O paradoxo português é intrigante: chegou ao torneio com o que muitos especialistas apontavam como a geração mais talentosa da história do futebol lusitano. Elenco repleto de estrelas que brilham nas principais ligas europeias, com títulos importantes conquistados por seus clubes. Tudo indicava um favoritismo considerável.
Mas o que efetivamente aconteceu foi bem diferente. Em campo, Portugal apresentou um futebol burocrático, previsível e sem qualquer identidade tática clara. A criatividade que caracteriza o melhor futebol europeu não apareceu. Os passes de qualidade rareavam. A velocidade de jogo era amadora.

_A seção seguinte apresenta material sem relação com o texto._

//! Who holds the open writers.

ghost use Rattle.std.specs.Prelude.{◌≡◌, [], ◌∷◌, map, option_map, option_to_list, reverse, IfOk, OnOk};
ghost use Rattle.std.specs.FinMap.{from_entries};
ghost use Rattle.fm_base.specs.Channels.{item_ports, message_ports};
ghost use Rattle.fm_rules.specs.declared.program.Program as declared;
ghost use Rattle.fm_finmap.specs.Map.{map_of};
ghost use Rattle.fm_mean.specs.Holders.{holder_path, holders_of, holdings, holdings_at};
ghost use Rattle.fm_mean.specs.Outports.{outport_cmp};
ghost use Rattle.fm_mean.specs.Places.{live};
ghost use Rattle.fm_mean.specs.Process.{frame_ports, frames_ports, held, started_ports};
ghost use Rattle.fm_plain_frame.specs.Frames.{frame_of, proc_of, start_of};
ghost use Rattle.fm_plain_frame.specs.Memory.{item_in, port_in, values_of};
ghost use Rattle.fm_run.specs.Gathered.{with_held, with_holders};
ghost use Rattle.fm_plain_net.specs.Readings.{procs_of, state_of};

use crate::processes::{Processes, Trees};
use fm_base::{NoMemory, Path, PortValue};
use fm_finmap::Map;
use fm_mean::{Holder, Outport};
use fm_plain_frame::{Frame, PlainProc, Start, Word, part, variables_of};
use fm_rules::Program;
use fm_run::{holders_in_order, put_outport};
use fm_symbols::Variable;
use fm_tree::Kind;
use std::alloc::Global;

fn put_port(
    alloc: Global,
    all: &mut Map<Outport, Path>,
    path: &Path,
    port: &PortValue,
) -> Result<(), NoMemory>
    ensures { OnOk result
        (map_of outport_cmp all.new ≡ with_held (map_of outport_cmp all.old) path.now (port.now ∷ [])) }
{
    match port {
        PortValue::Writer(channel, number) => {
            let channel = channel.copy(alloc)?;
            let number = *number;
            put_outport(alloc, all, path, Outport { channel, number })
        }
        PortValue::Reader(_) => Ok(()),
    }
}

fn put_word(
    alloc: Global,
    all: &mut Map<Outport, Path>,
    path: &Path,
    word: &Word,
) -> Result<(), NoMemory>
    ensures { OnOk result
        (map_of outport_cmp all.new ≡ with_held (map_of outport_cmp all.old) path.now (live (port_in word.now ∷ []))) }
{
    match word {
        Word::Number(_) => Ok(()),
        Word::Null => Ok(()),
        Word::Port(port) => put_port(alloc, all, path, port),
    }
}

fn put_words(
    alloc: Global,
    all: &mut Map<Outport, Path>,
    path: &Path,
    words: &[Word],
) -> Result<(), NoMemory>
    ensures { OnOk result
        (map_of outport_cmp all.new ≡ with_held (map_of outport_cmp all.old) path.now (live (map port_in words.now))) }
{
    'words: for word in words {
        put_word(alloc, all, path, word)?;
    }
    Ok(())
}

fn put_variable(
    alloc: Global,
    all: &mut Map<Outport, Path>,
    path: &Path,
    memory: &[Word],
    variable: &Variable,
) -> Result<(), NoMemory>
    ensures { OnOk result (map_of outport_cmp all.new
        ≡ with_held (map_of outport_cmp all.old) path.now (item_ports (item_in memory.now variable.now))) }
{
    let words = part(memory, variable.first as usize, variable.words as usize);
    match &variable.kind {
        Kind::Integer => Ok(()),
        Kind::Logical => Ok(()),
        Kind::In(_) => put_words(alloc, all, path, words),
        Kind::Out(_) => put_words(alloc, all, path, words),
    }
}

fn put_memory(
    alloc: Global,
    all: &mut Map<Outport, Path>,
    path: &Path,
    memory: &[Word],
    variables: &[Variable],
) -> Result<(), NoMemory>
    ensures { OnOk result (map_of outport_cmp all.new
        ≡ with_held (map_of outport_cmp all.old) path.now (message_ports (values_of variables.now memory.now))) }
{
    'variables: for variable in variables {
        put_variable(alloc, all, path, memory, variable)?;
    }
    Ok(())
}

fn put_start(
    alloc: Global,
    program: &Program,
    all: &mut Map<Outport, Path>,
    path: &Path,
    start: &Start,
) -> Result<(), NoMemory>
    ensures { OnOk result (map_of outport_cmp all.new
        ≡ with_held (map_of outport_cmp all.old) path.now (message_ports (start_of program.now start.now).values)) }
{
    let variables = variables_of(program, start.unit);
    put_memory(alloc, all, path, start.memory.as_slice(), variables)
}

fn put_starts(
    alloc: Global,
    program: &Program,
    all: &mut Map<Outport, Path>,
    path: &Path,
    starts: &[Start],
) -> Result<(), NoMemory>
    ensures { OnOk result (map_of outport_cmp all.new
        ≡ with_held (map_of outport_cmp all.old) path.now (started_ports (map (start_of program.now) starts.now))) }
{
    'starts: for start in starts {
        put_start(alloc, program, all, path, start)?;
    }
    Ok(())
}

fn put_frame(
    alloc: Global,
    program: &Program,
    all: &mut Map<Outport, Path>,
    path: &Path,
    frame: &Frame,
) -> Result<(), NoMemory>
    ensures { OnOk result (map_of outport_cmp all.new
        ≡ with_held (map_of outport_cmp all.old) path.now (frame_ports (frame_of program.now frame.now))) }
{
    let variables = variables_of(program, frame.unit);
    put_memory(alloc, all, path, frame.memory.as_slice(), variables)?;
    put_starts(alloc, program, all, path, frame.starts.as_slice())
}

// The last of these frames is the innermost, and comes first.
fn put_frames(
    alloc: Global,
    program: &Program,
    all: &mut Map<Outport, Path>,
    path: &Path,
    frames: &[Frame],
) -> Result<(), NoMemory>
    ensures { OnOk result (map_of outport_cmp all.new
        ≡ with_held (map_of outport_cmp all.old) path.now
        (frames_ports (reverse (map (frame_of program.now) frames.now)))) }
{
    'frames: for k in (0..frames.len()).rev() {
        put_frame(alloc, program, all, path, &frames[k])?;
    }
    Ok(())
}

fn put_top(
    alloc: Global,
    program: &Program,
    all: &mut Map<Outport, Path>,
    path: &Path,
    top: &Option<Frame>,
) -> Result<(), NoMemory>
    ensures { OnOk result (map_of outport_cmp all.new
        ≡ with_held (map_of outport_cmp all.old) path.now
        (frames_ports (option_to_list (option_map (frame_of program.now) top.now)))) }
{
    match top {
        Some(frame) => put_frame(alloc, program, all, path, frame),
        None => Ok(()),
    }
}

fn put_held(
    alloc: Global,
    program: &Program,
    all: &mut Map<Outport, Path>,
    path: &Path,
    process: &PlainProc,
) -> Result<(), NoMemory>
    ensures { OnOk result (map_of outport_cmp all.new
        ≡ with_held (map_of outport_cmp all.old) path.now (held (proc_of program.now process.now))) }
{
    put_top(alloc, program, all, path, &process.top)?;
    put_frames(alloc, program, all, path, process.below.as_slice())
}

// Who holds what stands with the process at this path.
fn holder_path(alloc: Global, path: &Path, process: &PlainProc) -> Result<Path, NoMemory>
    ensures { IfOk result (λ q. (p : declared.Program) → q ≡ holder_path (path.now, proc_of p process.now)) }
{
    if process.has_ended() {
        path.starter()
    } else {
        path.copy(alloc)
    }
}

/// Puts the holder of each outport that stands with the process at this path, unless one is known.
pub fn put_process(
    alloc: Global,
    program: &Program,
    all: &mut Map<Outport, Path>,
    path: &Path,
    process: &PlainProc,
) -> Result<(), NoMemory>
    ensures { OnOk result (map_of outport_cmp all.new
        ≡ with_holders (map_of outport_cmp all.old) (holdings_at (path.now, proc_of program.now process.now))) }
{
    let holder = holder_path(alloc, path, process)?;
    put_held(alloc, program, all, &holder, process)
}

// The paths of holders, by the outports.
fn owners(
    alloc: Global,
    program: &Program,
    processes: &Processes,
) -> Result<Map<Outport, Path>, NoMemory>
    ensures { IfOk result (λ m. map_of outport_cmp m ≡ from_entries (holdings (procs_of program.now processes.now))) }
{
    let mut all = Map::new(alloc);
    let rows = processes.rows.in_path_order(alloc)?;
    'processes: for row in &rows {
        put_process(alloc, program, &mut all, row.0, &row.1.process.plain)?;
    }
    Ok(all)
}

/// Who holds the open writers, in the order of these.
pub(crate) fn holders(
    alloc: Global,
    net: &Trees,
    program: &Program,
) -> Result<Vec<Holder>, NoMemory>
    ensures { IfOk result (λ v. v.items ≡ holders_of (state_of program.now net.now)) }
{
    let owners = owners(alloc, program, &net.entries)?;
    holders_in_order(alloc, owners)
}
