//! Workers that share a table: each takes a piece under a lock, computes it outside, and gives it under the lock.
//!
//! The table's own type says what holds of it; so it holds whenever the lock is free, whatever the workers bring and in
//! whatever order. That no worker waits for ever, and that pieces are computed side by side, no clause can say: tests
//! do.
#![tactic(auto)]

mod desk;
mod pool;
mod room;

pub use desk::{Desk, Next};
pub use pool::Pool;
pub use room::Room;
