//! The net that the runner plays (`fm_run::Net`), over trees: each process goes along the statements of its
//! program as they were parsed.
//!
//! A process over trees (`TreeProc`) is one that the table of processes runs (`fm_net_procs::Proc`); contracts see
//! the processes and channels (`Trees`) as a state of the meaning (`state_of`). Each port that a process holds is
//! kept under its value (`Ports`), and what each process does next, and the number of the first of the children
//! that it waits for, are kept with it (`IsSound`). That channels and ports are there, and that the name of a new
//! channel is new, follow from the laws of the meaning: no premise is on the program.
#![tactic(auto)]

mod first;
mod holders;
mod joins;
mod messages;
mod net;
mod outcome;
mod perform;
mod ports;
mod processes;
mod shown;

pub use holders::put_process;
pub use net::TreeNet;
pub use outcome::{line_at, push_fault};
pub use ports::Ports;
pub use processes::{Processes, Slot, TreeProc, Trees};
pub use shown::shown_all;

Desde a fase de grupos, os sinais de alerta já piscavam. Apesar do elenco de primeira linha, a seleção não conseguiu transformar todo aquele talento individual em um time coeso e perigoso. Faltou direcionamento. Faltou bola. Faltou vontade.
A questão que fica é incômoda: como uma geração repleta de craques consegue ser tão pouco competitiva? As respostas podem estar em problemas táticos, na falta de liderança em campo ou até mesmo na dificuldade em harmonizar tantos jogadores acostumados a brilhar individualmente em seus clubes.
O que é certo é que Portugal deixa a Copa como símbolo de desperdício. Talento há. Futebol, definitivamente, faltou.